Sie waren sich jahrzehnte lang nicht grün: Die Schulmediziner und die Alternativmedizin. Jetzt sind sie allerdings auf dem besten Wege sich anzunähern – noch etwas zaghaft, doch dafür mit mehr Verständnis als je zuvor. Für die Patienten ist das ein großer Gewinn. Sie können nun ohne schlechtes Gewissen von beiden Seiten profitieren, ohne dass ein Bereich den anderen „verteufelt“. Sie müssen nicht mehr wählen zwischen entweder – oder.

Natürliches Heilen ist wieder modern. Jahrzehntelang galt das Interesse eher den großen Erfolgen der technischen und chemischen Behandlung von Krankheiten. Doch mittlerweile ist klar: Auch damit lassen sich weit verbreitete Krankheiten nicht immer in den Griff bekommen. In vielen leichteren Fällen ist eine solche aufwendige und nicht selten mit Nebenwirkungen behaftete Therapie gar nicht notwendig. Patienten und Ärzte haben sich daher auf die vielen alten und bewährten natürlichen Mittel und Methoden zurückbesonnen, um Krankheiten vorzubeugen oder den Heilungsprozess zu unterstützen. Doch nicht alles, was unter dem Deckmantel der „Natürlichkeit“ daherkommt, wird diesem Anspruch gerecht. Andererseits verschwimmen die Grenzen zwischen „Naturheilverfahren“ und „Schulmedizin“ immer mehr, oft werden beide – mit großem Erfolg – nebeneinander eingesetzt.
Die Schulmedizin hat viel dazugelernt, vielleicht weil sie auch musste. An vielen medizinischen Fakultäten entstehen Arbeitsgruppen, um die alternativmedizinischen Behandlungsformen zu erforschen und sie zu lernen.

In einem Gespräch mit der „Zeit“, sagte Stefan Willich, Direktor des Instituts für Sozialmedizin, Epidemiologie und Gesundheitsökonomie an der Charité in Berlin, dass die Zeit der polemischen Grenzziehungen vorbei sei und die Schulmediziner offener und neugieriger, die Alternativmediziner kompromissbereiter werden. Auch sein Kollege Gustav Dobos, Leiter der Klinik für Naturheilkunde und Integrative Medizin in Essen, sieht es ähnlich: „Es ist so, als hätte man sich mit der Zeit daran gewöhnt, gegen den Strom zu schwimmen, und plötzlich ändert sich die Flussrichtung“, beschreibt er die Wandlung. Selbst der Präsident der Bundesärztekammer sieht die Medizin nicht nur als eine reine Naturwissenschaft an. Viele Ärzte sehen das auch so. So lässt sich fast jeder zehnte Arzt auch in Alternativmedizin ausbilden. Judith Schwarzenbach ist eine von den Ärzten, die Integrative Medizin praktiziert. Die Gynäkologin mit zusätzlichen Ausbildungen in Naturheilverfahren, Hildegardmedizin, Homöopathie, Manualtherapie und Informationsmedizin praktiziert im Krankenhaus Füssen und nach telefonischer Vereinbarung in ihrer Praxis. Judith Schwarzenbach ist eine gebürtige Roßhauptnerin. Eine „Hiesige“, wie es die Allgäuer nennen würden, eine, die ihre Sprache versteht ohne sich verstellen zu müssen.  Die Kombination zwischen Schulmedizin und alternativer Medizin haben es der 48-Jährigen angetan. Wie viele Ausbildungen und Schulungen sie bislang gemacht hat, weiß sie gar nicht genau – „aber das ist auch gar nicht wichtig. Wichtig ist, das Wissen um die Komplexität der vielen Therapieformen zu verstehen, um sie dann auch gezielt anwenden zu können“, beschreibt sie ihre Arbeitsweise.

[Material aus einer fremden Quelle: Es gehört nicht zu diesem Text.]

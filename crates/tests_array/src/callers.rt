//! Callers of arrays whose contracts speak of lists of truth values.

ghost use Rattle.std.specs.Prelude.{◌≡◌, ◌≤◌, ◌<◌, ◌%◌, ◌^◌, ◌++◌, ◌&&◌, ◌||◌, not, map, replicate};
ghost use Rattle.std.specs.Prelude.{true, false, length, slice_set, reverse, take, drop};
ghost use Rattle.bitvec.specs.Memory.{zip_with};
ghost use Rattle.bitvec.specs.Span.{element};
ghost use Rattle.bitvec.specs.Truths.{ones_in};
ghost use Rattle.bitvec_array.specs.Array.{array_len};
ghost use Rattle.bitvec_array.specs.BitArray.{array_bits};

use bitvec::order::{BitOrder, Msb0};
use bitvec_array::array::BitArray;
use bitvec_slice::slice::ReadBits;

/// A set that has one number.
pub fn one_number<const N: usize>(number: usize) -> BitArray<Msb0, N>
    requires { number < array_len N }
    ensures { array_bits result ≡ slice_set (replicate (array_len N) false) number true }
{
    let mut set: BitArray<Msb0, N> = BitArray::zeros();
    set.set(number, true);
    set
}

/// What is in one set and in no other of two.
pub fn in_the_first_alone<O: BitOrder<usize>, const N: usize>(
    first: BitArray<O, N>,
    second: BitArray<O, N>,
    third: BitArray<O, N>,
) -> BitArray<O, N>
    ensures { array_bits result ≡ zip_with (λ t s. t && s) (array_bits first)
        (map not (zip_with (λ t s. t || s) (array_bits second) (array_bits third))) }
{
    first & !(second | third)
}

/// A set with a number more.
pub fn with_another<O: BitOrder<usize>, const N: usize>(
    set: BitArray<O, N>,
    number: usize,
) -> BitArray<O, N>
    requires { number < array_len N }
    ensures { array_bits result ≡ slice_set (array_bits set) number true }
{
    let mut more = set;
    more.set(number, true);
    more
}

/// Whether a number is in a set.
pub fn has<const N: usize>(set: &BitArray<Msb0, N>, number: usize) -> bool
    requires { number < length (array_bits set.now) }
    ensures { result ≡ element (array_bits set.now) number }
{
    match set.get(number) {
        Some(bit) => bit,
        None => false,
    }
}

/// How many numbers are in a set.
pub fn size<O: BitOrder<usize>, const N: usize>(set: &BitArray<O, N>) -> usize
    ensures { result ≡ ones_in (array_bits set.now) }
{
    set.count_ones()
}

/// The bits from the last to the first, and then in order again.
pub fn reversed_twice<O: BitOrder<usize>, const N: usize>(bits: BitArray<O, N>) -> BitArray<O, N>
    ensures { array_bits result ≡ reverse (reverse (array_bits bits)) }
{
    let mut turned = bits;
    turned.reverse();
    turned.reverse();
    turned
}

/// The first half of a word's bits behind the second.
pub fn halves_exchanged<O: BitOrder<usize>>(bits: BitArray<O, 1>) -> BitArray<O, 1>
    ensures { array_bits result ≡ drop 32 (array_bits bits) ++ take 32 (array_bits bits) }
{
    let mut turned = bits;
    turned.rotate_left(32);
    turned
}

/// The first 16 bits of an array as a number, once a number is stored there.
pub fn stored_and_loaded<O: BitOrder<usize>>(bits: &mut BitArray<O, 1>, value: u32) -> u32
    ensures { result ≡ value % 2 ^ 16 }
{
    bits.store_digits_be(0, 16, value);
    bits.load_digits_be(0, 16)
}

Informationsmedizin ist für Judith Schwarzenbach deshalb ein ganz wichtiger Bestandteil ihrer Arbeit. Doch nicht jeder versteht wirklich, was damit gemeint ist. Einige neigen dazu, es als Hokuspokus zu degradieren, bis man wirklich versteht wie Informationsmedizin funktioniert und welche Möglichkeiten sich damit eröffnen. Auch Judith Schwarzenbach war anfangs sehr skeptisch, bis sie sich mit der Quantenphysik beschäftigt hat. „Ich bin ein Mensch, der logische, um nicht zu sagen wissenschaftliche Erklärungen braucht, um Vorgehensweisen besser zu verstehen“, so die Ärztin, die seit vielen Jahren in der Gynäkologie und der Geburtshilfe arbeitet. Doch was ist nun Informationsmedizin? „Sie beeinhaltet das Verständnis, wie der Körper elektrische, magnetische und elektromagnetische Felder, inklusive Licht und Klang oder andere Energieformen wie Wärme, Druck, chemische und elastische Energie und Gravitation erzeugt und darauf reagiert“, erklärt Judith Schwarzenbach.


Füssen aktuell sprach mit der Ärztin über die Medizin und ihre Möglichkeiten mit der Einbindung der verschiedenen Behandlungsformen aus der Alternativmedizin.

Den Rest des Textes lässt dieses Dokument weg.